Some interesting data from the 3 largest
local hospitals about their employee vaccination rates and policies:
Michelle Kligman, chief experience officer and senior vice president of human resources for
Jackson Health, said about 85% of employees are fully vaccinated, and that the recent wave has encouraged more to do so in the hope of evading the virus. “That helps,” Kligman said. “What they’re experiencing is a mild illness for about five to six days.“ Jackson Health does not require vaccination as a condition of employment, but those who are not vaccinated are banned from dining areas, must wear N-95 respirator masks at all times while indoors, and pay a bi-weekly penalty of $50 in health insurance premiums.
At
Memorial Healthcare in South Broward, Vargas-Hernandez said about 90% of staff is vaccinated. Memorial Healthcare System does not have a vaccine mandate, but those workers who do not take the shots must wear N-95 respirator masks indoors and attend meetings via video conference or phone.
In November,
Baptist Health reported that 94% of its more than 24,000 employees were vaccinated, and about 5% had received an approved exemption for religious or medical reasons.
About 120 employees, or less than 1% of Baptist Health’s workforce, did not comply with the mandate and resigned.

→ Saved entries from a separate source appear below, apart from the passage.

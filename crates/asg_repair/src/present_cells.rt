//! The present cells of a square.

ghost use Rattle.asg_square.specs.Grid.{IsGrid};

use asg_match::Allowed;
use asg_square::Square;

/// The cells of a square that are present, whatever their values.
#[derive(Drop)]
pub(crate) struct PresentCells<'a, V: Copy> {
    pub(crate) square: &'a Square<V>,
    ghost grid: { IsGrid square.now },
}

impl<V: Copy> Allowed for PresentCells<'_, V> {
    ghost use Rattle.asg_proof.specs.laws.Squares.{HasSide-cell_at};
    ghost use Rattle.asg_square.specs.Cells.{IsPresent};
    ghost use Rattle.asg_square.specs.Grid.{cell_at};

    ghost side = { λ s. s.square.now.side };

    ghost allows = { λ s. IsPresent (cell_at s.square.now) };

    fn has(&self, r: u32, c: u32) -> bool {
        self.square.at(r, c).is_some()
    }

    ghost within = { λ s r c h. HasSide-cell_at s.square.now s.grid r c h };
}
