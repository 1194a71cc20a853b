//! Answers of sessions, prepared.

ghost use Rattle.std.specs.Prelude.{◌≡◌, ◌≢◌, ◌+◌, ◌≤◌, ◌++◌, List, length};
ghost use Rattle.asg_algebra.specs.Solved.{unmatched};
ghost use Rattle.asg_proof.specs.Phases.{PhaseOf};
ghost use Rattle.asg_repair.specs.Sessions.{AreAdmittedOn};
ghost use Rattle.asg_repair.specs.declared.answers.Given.TheVariants.{Open};

use crate::answers::Given;
use crate::guessed_ends::guess_on;
use crate::sessions::Session;
use crate::works::lead;
use asg_order::Kind;
use asg_roots::RootGuess;
use std::alloc::Global;

impl<K: Kind + Drop> Session<K> {
    /// Prepares the next answer, where none was given since the last edit: few phases are guessed,
    /// tested, and taken where they lead on to a best choice. They are at most one for each row
    /// that isn't sure to keep its column, and then each row is sure of one. Where nothing is
    /// guessed that passes, where one row alone isn't sure to keep its column, and for want of
    /// memory, no phase is added, and the next answer finds its phases by itself. The time grows
    /// with the cube of the side at most.
    pub fn prepare(&mut self, alloc: Global)
    where
        K::M: RootGuess,
        ensures kind { self.new.kind ≡ self.old.kind }
        ensures instance { self.new.instance ≡ self.old.instance }
        ensures given { self.new.given ≡ self.old.given }
        ensures phases { (more : List (PhaseOf K.M.Value))
            × (self.new.phases ≡ self.old.phases ++ more)
            × (length more + unmatched self.new.columns ≤ unmatched self.old.columns) }
        ensures admitted { let m = K.monoid self.new.kind in AreAdmittedOn (K.M.monoid_of m)
            (K.M.difference m) (K.entered self.new.kind) self.new.instance self.new.phases }
        ensures again { self.old.given ≢ Open → self.new ≡ self.old }
    {
        if self.room.given == Given::Open {
            self.go_on(alloc);
        }
        self.tell_admitted();
    }

    // Leads the square, and solves it on by phases that are guessed.
    fn go_on(&mut self, alloc: Global)
    where
        K::M: RootGuess,
        requires { self.old.given ≡ Open }
        ensures kind { self.new.kind ≡ self.old.kind }
        ensures instance { self.new.instance ≡ self.old.instance }
        ensures given { self.new.given ≡ self.old.given }
        ensures phases { (more : List (PhaseOf K.M.Value))
            × (self.new.phases ≡ self.old.phases ++ more)
            × (length more + unmatched self.new.columns ≤ unmatched self.old.columns) }
    {
        let is_led = self.is_led;
        lead(&self.kind, &self.inst, &mut self.work, &self.phases, is_led);
        guess_on(
            alloc,
            &self.kind,
            &self.inst,
            &mut self.work,
            &mut self.phases,
        );
        self.is_led = true;
        self.is_cut = false;
    }
}
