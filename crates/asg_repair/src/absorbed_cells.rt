//! The absorbed cells of a reduced square.

ghost use Rattle.std.specs.Prelude.{◌≡◌, ◌↔◌, ◌<◌, ℕ, length, IsTrue};
ghost use Rattle.asg_proof.specs.Steps.{HasValues};
ghost use Rattle.asg_growth.specs.Growing.{IsAbsorbed};
ghost use Rattle.asg_match.specs.Matching.{AllAllowed, Matches};
ghost use Rattle.asg_order.specs.Monoid.{IsValue};
ghost use Rattle.asg_square.specs.Grid.{IsGrid, cell_at};

use asg_match::{Allowed, Matching, prune};
use asg_order::DMonoid;
use asg_square::Square;

/// The cells of a reduced square that its index absorbs.
#[derive(Drop)]
pub(crate) struct AbsorbedCells<'a, M: DMonoid> {
    pub(crate) m: &'a M,
    pub(crate) square: &'a Square<M::Value>,
    pub(crate) index: M::Value,
    ghost grid: { IsGrid square.now },
    ghost values: { HasValues (M.monoid_of m.now) square.now.side (cell_at square.now) },
    ghost index_is: { IsValue (M.monoid_of m.now) index },
}

impl<M: DMonoid> Allowed for AbsorbedCells<'_, M> {
    ghost use Rattle.asg_growth.specs.Growing.{IsAbsorbed};
    ghost use Rattle.asg_square.specs.Grid.{cell_at};
    ghost use Rattle.asg_repair.specs.laws.AbsorbedLemmas.{absorbed_within};

    ghost side = { λ s. s.square.now.side };

    ghost allows = { λ s. IsAbsorbed (M.monoid_of s.m.now) s.index (cell_at s.square.now) };

    fn has(&self, r: u32, c: u32) -> bool {
        match self.square.at(r, c) {
            Some(x) => absorbs(self.m, self.index, x),
            None => false,
        }
    }

    ghost within = { λ s r c h.
        absorbed_within (M.monoid_of s.m.now) s.index s.square.now s.grid r c h };
}

// Whether a value absorbs another: their product is the first.
fn absorbs<M: DMonoid>(m: &M, index: M::Value, x: M::Value) -> bool
    requires index { IsValue (M.monoid_of m.now) index }
    requires value { IsValue (M.monoid_of m.now) x }
    ensures { IsTrue result ↔ ((M.monoid_of m.now).product index x ≡ index) }
{
    let product = m.op(index, x);
    m.le(product, index)
}

/// Takes its column from each row whose cell isn't absorbed. It takes no memory.
pub(crate) fn prune_absorbed<M: DMonoid>(
    m: &M,
    square: &Square<M::Value>,
    index: M::Value,
    matching: &mut Matching,
)
    requires cells { HasValues (M.monoid_of m.now) square.now.side (cell_at square.now) }
    requires index { IsValue (M.monoid_of m.now) index }
    requires side { length matching.old ≡ square.now.side }
    ensures side { length matching.new ≡ length matching.old }
    ensures absorbed { AllAllowed (IsAbsorbed (M.monoid_of m.now) index (cell_at square.now))
        matching.new }
    ensures only { (r k : ℕ) → Matches matching.new r k → Matches matching.old r k }
    ensures kept { (r k : ℕ) → Matches matching.old r k
        → IsAbsorbed (M.monoid_of m.now) index (cell_at square.now) r k
        → Matches matching.new r k }
{
    let _side = square.side();
    let cells = AbsorbedCells { m, square, index };
    prune(&cells, matching);
}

Although vaccine policies have helped hospitals weather the current surge, few have enforced a hard mandate for employees — citing the conflict between the federal government’s mandate for healthcare workers to be vaccinated by Jan. 4 and Florida’s legal ban on employer vaccine mandates adopted in November. Though federal courts have ordered preliminary injunctions blocking the vaccine mandate, the federal Centers for Medicare and Medicaid Services or CMS said in a Dec. 28 memo that the agency will enforce the mandate in 25 states, including Florida. Under the CMS vaccine mandate, those hospitals that do not achieve 100% vaccination rates for workers risk being terminated from the Medicare and Medicaid programs, the largest payers in the U.S. healthcare system. CMS administrators said in the Dec. 28 memo that hospitals will have until the end of March to comply with the rule or risk losing access to federal healthcare programs. But Gov. Ron DeSantis’ administration has refused to comply.